2021ii17, Wednesday: the other shoe.

So it’s four days since I took a test, three since the result. Not much in the way of symptoms. How long, o Lord, how long…

Short thought: This is weird. Day four (at least) of having The Bug (again, I think). And aside from a mild headache and some fatigue: nothing to speak of. Heart rate? Normal. Blood O2? Normal. Temperature? Normal*. I’m in limbo.

I confess I hadn’t really thought through what it would be like to get a positive test while asymptomatic. I realise that’s a failure of imagination on my part. But it’s odd. Here I am, self-isolating as best I can, knowing that in theory the clock runs out on that next Tuesday night – but also knowing, as far as I’ve been able to find out, that while symptoms mostly emerge within 5-6 days of infection, it could be a couple of weeks.

So if I was tested on Saturday, in theory I could be sitting here happily for another 10 days or so and still get the whammy at the end of it, even if that’s at the far end of the probability curve. 

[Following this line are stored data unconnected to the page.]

//! Readers and writers that fail or are interrupted, and a folder as a disk.

use green_io::{
    Area, Disk, DiskFailed, FolderDisk, ReadAnswer, Sink, Source, StdSink, StdSource, WriteAnswer,
    write_and_sync,
};
use std::io::ErrorKind;
use std::test::Fail;
use std::{fs, io};

// What one call of a fake does.
#[derive(Clone, Copy)]
enum Outcome {
    Moves(usize),
    Fails(ErrorKind),
}

// The first of these outcomes, which is taken away. Where there is none left, nothing moves.
fn next_outcome(outcomes: &mut &[Outcome]) -> io::Result<usize> {
    match outcomes.split_first() {
        None => Ok(0),
        Some((first, rest)) => {
            *outcomes = rest;
            match *first {
                Outcome::Moves(n) => Ok(n),
                Outcome::Fails(kind) => Err(io::Error::from(kind)),
            }
        }
    }
}

// A reader whose calls have these outcomes. Its bytes are all `a`.
#[derive(Drop)]
struct FakeReader<'a> {
    reads: &'a [Outcome],
}

impl io::Read for FakeReader<'_> {
    fn read(&mut self, buf: &mut [u8]) -> io::Result<usize> {
        let n = next_outcome(&mut self.reads)?.min(buf.len());
        buf[..n].fill(b'a');
        Ok(n)
    }
}

// A writer whose calls have these outcomes.
#[derive(Drop)]
struct FakeWriter<'a> {
    writes: &'a [Outcome],
    flushes: &'a [Outcome],
}

impl io::Write for FakeWriter<'_> {
    fn write(&mut self, buf: &[u8]) -> io::Result<usize> {
        Ok(next_outcome(&mut self.writes)?.min(buf.len()))
    }

    fn flush(&mut self) -> io::Result<()> {
        next_outcome(&mut self.flushes)?;
        Ok(())
    }
}

// The answer of one read of up to four bytes, and the count of faults after it.
fn read_once<S: Source>(source: &mut S) -> (ReadAnswer, u64) {
    let mut into = [0; 4];
    let answer = source.read(&mut into);
    (answer, source.faults())
}

// The answer of one write of four bytes, and the count of faults after it.
fn write_once<S: Sink>(sink: &mut S) -> (WriteAnswer, u64) {
    let answer = sink.write(b"abcd");
    (answer, sink.faults())
}

#[test]
fn a_reader_fails_midway(rt: HostRuntime) {
    let reads = [
        Outcome::Moves(3),
        Outcome::Fails(ErrorKind::TimedOut),
        Outcome::Moves(9),
    ];
    let mut source = StdSource::new(FakeReader { reads: &reads });
    assert_eq!(rt; read_once(&mut source), (ReadAnswer::Got(3), 0));
    assert_eq!(rt; read_once(&mut source), (ReadAnswer::Failed, 1));
    assert_eq!(rt; read_once(&mut source), (ReadAnswer::Got(4), 1));
    assert_eq!(rt; read_once(&mut source), (ReadAnswer::End, 1));
}

#[test]
fn an_interrupted_read_is_tried_again(rt: HostRuntime) {
    let interrupted = Outcome::Fails(ErrorKind::Interrupted);
    let reads = [interrupted, interrupted, Outcome::Moves(1), interrupted];
    let mut source = StdSource::new(FakeReader { reads: &reads });
    assert_eq!(rt; read_once(&mut source), (ReadAnswer::Got(1), 0));
    assert_eq!(rt; read_once(&mut source), (ReadAnswer::End, 0));
}

#[test]
fn bytes_come_from_memory(rt: HostRuntime) {
    let mut source = StdSource::new(b"xyz".as_slice());
    let mut into = [0; 4];
    assert_eq!(rt; source.read(&mut into), ReadAnswer::Got(3));
    assert_eq!(rt; into, *b"xyz\0");
}

#[test]
fn a_flush_that_fails_is_a_fault(rt: HostRuntime) {
    let interrupted = Outcome::Fails(ErrorKind::Interrupted);
    let broken = Outcome::Fails(ErrorKind::BrokenPipe);
    let writes = [Outcome::Moves(2), Outcome::Moves(2), Outcome::Moves(9)];
    let flushes = [Outcome::Moves(0), broken, interrupted];
    let mut sink = StdSink::new(FakeWriter {
        writes: &writes,
        flushes: &flushes,
    });
    assert_eq!(rt; write_once(&mut sink), (WriteAnswer::Took(2), 0));
    assert_eq!(rt; write_once(&mut sink), (WriteAnswer::Failed, 1));
    assert_eq!(rt; write_once(&mut sink), (WriteAnswer::Took(4), 1));
}

#[test]
fn a_write_that_takes_nothing_is_a_fault(rt: HostRuntime) {
    let interrupted = Outcome::Fails(ErrorKind::Interrupted);
    let broken = Outcome::Fails(ErrorKind::BrokenPipe);
    let writes = [Outcome::Moves(0), interrupted, Outcome::Moves(1), broken];
    let mut sink = StdSink::new(FakeWriter {
        writes: &writes,
        flushes: &[],
    });
    assert_eq!(rt; write_once(&mut sink), (WriteAnswer::Failed, 1));
    assert_eq!(rt; write_once(&mut sink), (WriteAnswer::Took(1), 1));
    assert_eq!(rt; write_once(&mut sink), (WriteAnswer::Failed, 2));
}

#[test]
fn bytes_reach_the_writer(rt: HostRuntime) -> Result<(), Fail> {
    let mut held: Vec<u8> = Vec::new(rt.alloc());
    let mut sink = StdSink::new(&mut held);
    assert_eq!(rt; write_once(&mut sink), (WriteAnswer::Took(4), 0));
    assert_eq!(rt; held.as_slice(), b"abcd".as_slice());
    Ok(())
}

const FOLDER: &str = "folder_disk_test";

// The answer of one read of up to eight bytes from this place on, and the bytes.
fn read_at<D: Disk>(disk: &mut D, area: Area, at: u64) -> (ReadAnswer, [u8; 8]) {
    let mut into = [b'-'; 8];
    let answer = disk.read(area, at, &mut into);
    (answer, into)
}

// Writes into the log, past its end too, and makes it no shorter.
fn write_log<D: Disk>(disk: &mut D) -> Result<u64, DiskFailed> {
    disk.write(Area::Log, 7, b"xy")?;
    disk.write(Area::Log, 1, b"B")?;
    disk.cut(Area::Log, 20)?;
    disk.sync(Area::Log)?;
    disk.length(Area::Log)
}

// Cuts the log, and writes into the journal.
fn cut_log<D: Disk>(disk: &mut D) -> Result<u64, DiskFailed> {
    disk.cut(Area::Log, 2)?;
    write_and_sync(disk, Area::Journal, 0, b"j")?;
    disk.length(Area::Log)
}

#[test]
fn the_files_of_a_folder(rt: HostRuntime) -> Result<(), Fail> {
    let _ = fs::remove_dir_all(&rt, FOLDER);
    let mut disk = FolderDisk::new(rt, FOLDER)?;
    // There is no folder, and then there is one with a file.
    assert_eq!(rt; disk.length(Area::Home), Err(DiskFailed));
    fs::create_dir(&rt, FOLDER)?;
    fs::write(&rt, "folder_disk_test/log", b"abcde")?;
    assert_eq!(rt; disk.length(Area::Log), Ok(5));
    assert_eq!(rt; write_log(&mut disk), Ok(9));
    for (at, wanted) in [
        (0, (ReadAnswer::Got(8), *b"aBcde\0\0x")),
        (8, (ReadAnswer::Got(1), *b"y-------")),
        (9, (ReadAnswer::End, *b"--------")),
    ] {
        assert_eq!(rt; read_at(&mut disk, Area::Log, at), wanted, "at {at}");
    }
    assert_eq!(rt; cut_log(&mut disk), Ok(2));
    assert_eq!(rt; disk.faults(), 1);
    fs::remove_dir_all(&rt, FOLDER)?;
    Ok(())
}

// A disk in a new folder.
fn disk_in_new(rt: HostRuntime, folder: &str) -> Result<FolderDisk, Fail> {
    let _ = fs::remove_dir_all(&rt, folder);
    fs::create_dir(&rt, folder)?;
    Ok(FolderDisk::new(rt, folder)?)
}

#[test]
fn a_folder_is_opened_again(rt: HostRuntime) -> Result<(), Fail> {
    let folder = "folder_disk_again_test";
    let mut first = disk_in_new(rt, folder)?;
    assert_eq!(rt; write_log(&mut first), Ok(9));
    assert_eq!(rt; cut_log(&mut first), Ok(2));
    drop(first);
    let mut second = FolderDisk::new(rt, folder)?;
    for (area, wanted) in [
        (Area::Log, (ReadAnswer::Got(2), *b"\0B------")),
        (Area::Home, (ReadAnswer::End, *b"--------")),
        (Area::Journal, (ReadAnswer::Got(1), *b"j-------")),
    ] {
        assert_eq!(rt; read_at(&mut second, area, 0), wanted);
    }
    assert_eq!(rt; second.faults(), 0);
    fs::remove_dir_all(&rt, folder)?;
    Ok(())
}

#[test]
fn a_folder_is_one_disk_at_a_time(rt: HostRuntime) -> Result<(), Fail> {
    let folder = "folder_disk_held_test";
    let mut first = disk_in_new(rt, folder)?;
    let mut second = FolderDisk::new(rt, folder)?;
    assert!(rt; write_log(&mut first) == Ok(9));
    // A file that the second one would make, had it gone on.
    fs::remove_file(&rt, "folder_disk_held_test/home")?;
    assert!(rt; cut_log(&mut second) == Err(DiskFailed));
    assert!(rt; !fs::exists(&rt, "folder_disk_held_test/home")?);
    assert!(rt; first.length(Area::Log) == Ok(9));
    drop(first);
    assert!(rt; cut_log(&mut second) == Ok(2));
    fs::remove_dir_all(&rt, folder)?;
    Ok(())
}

In the meantime: limbo. Bayesian reasoning doesn’t help, because I haven’t got any more useful info than I had on Sunday. The lack of major symptoms to date isn’t a helpful data point because of the lengthy incubation period. The fact that I’ve no idea when, before Saturday, I picked it up means that period in itself is unknowable. (Which leads me to rack my brain unhelpfully. Where was it? The 20 minutes in Waitrose last Thursday? The half-hour in Tesco the day before? The three minutes in the pizza takeaway on Friday night? The five minutes picking up coffee on Saturday morning? When was Day One, really? There’s been nowhere, and no-one, else. And the rest of the family have been even fewer places than me.) Perhaps if we get to the end of the week I can adjust my priors – but the potential risk to others is so high, I might discount even that.

Even then, is it a false positive? Am I an asymptomatic (mostly) carrier? Or are the T-cells from last time doing a good job this time round? No idea. No way of having one. Sigh.

So here we go. Sit. Wait. Wonder. Fret. But also thank God, the stars and whatever any of us believes in that – thus far at least – I’m getting off far, far more lightly than most. Amen. 

(And yes, I know that given the above this feeling is a bit premature. Give me this one. Ok?)

*Thank you, Apple Watch. A gift to hypochondriacs everywhere, although in this instance pretty useful.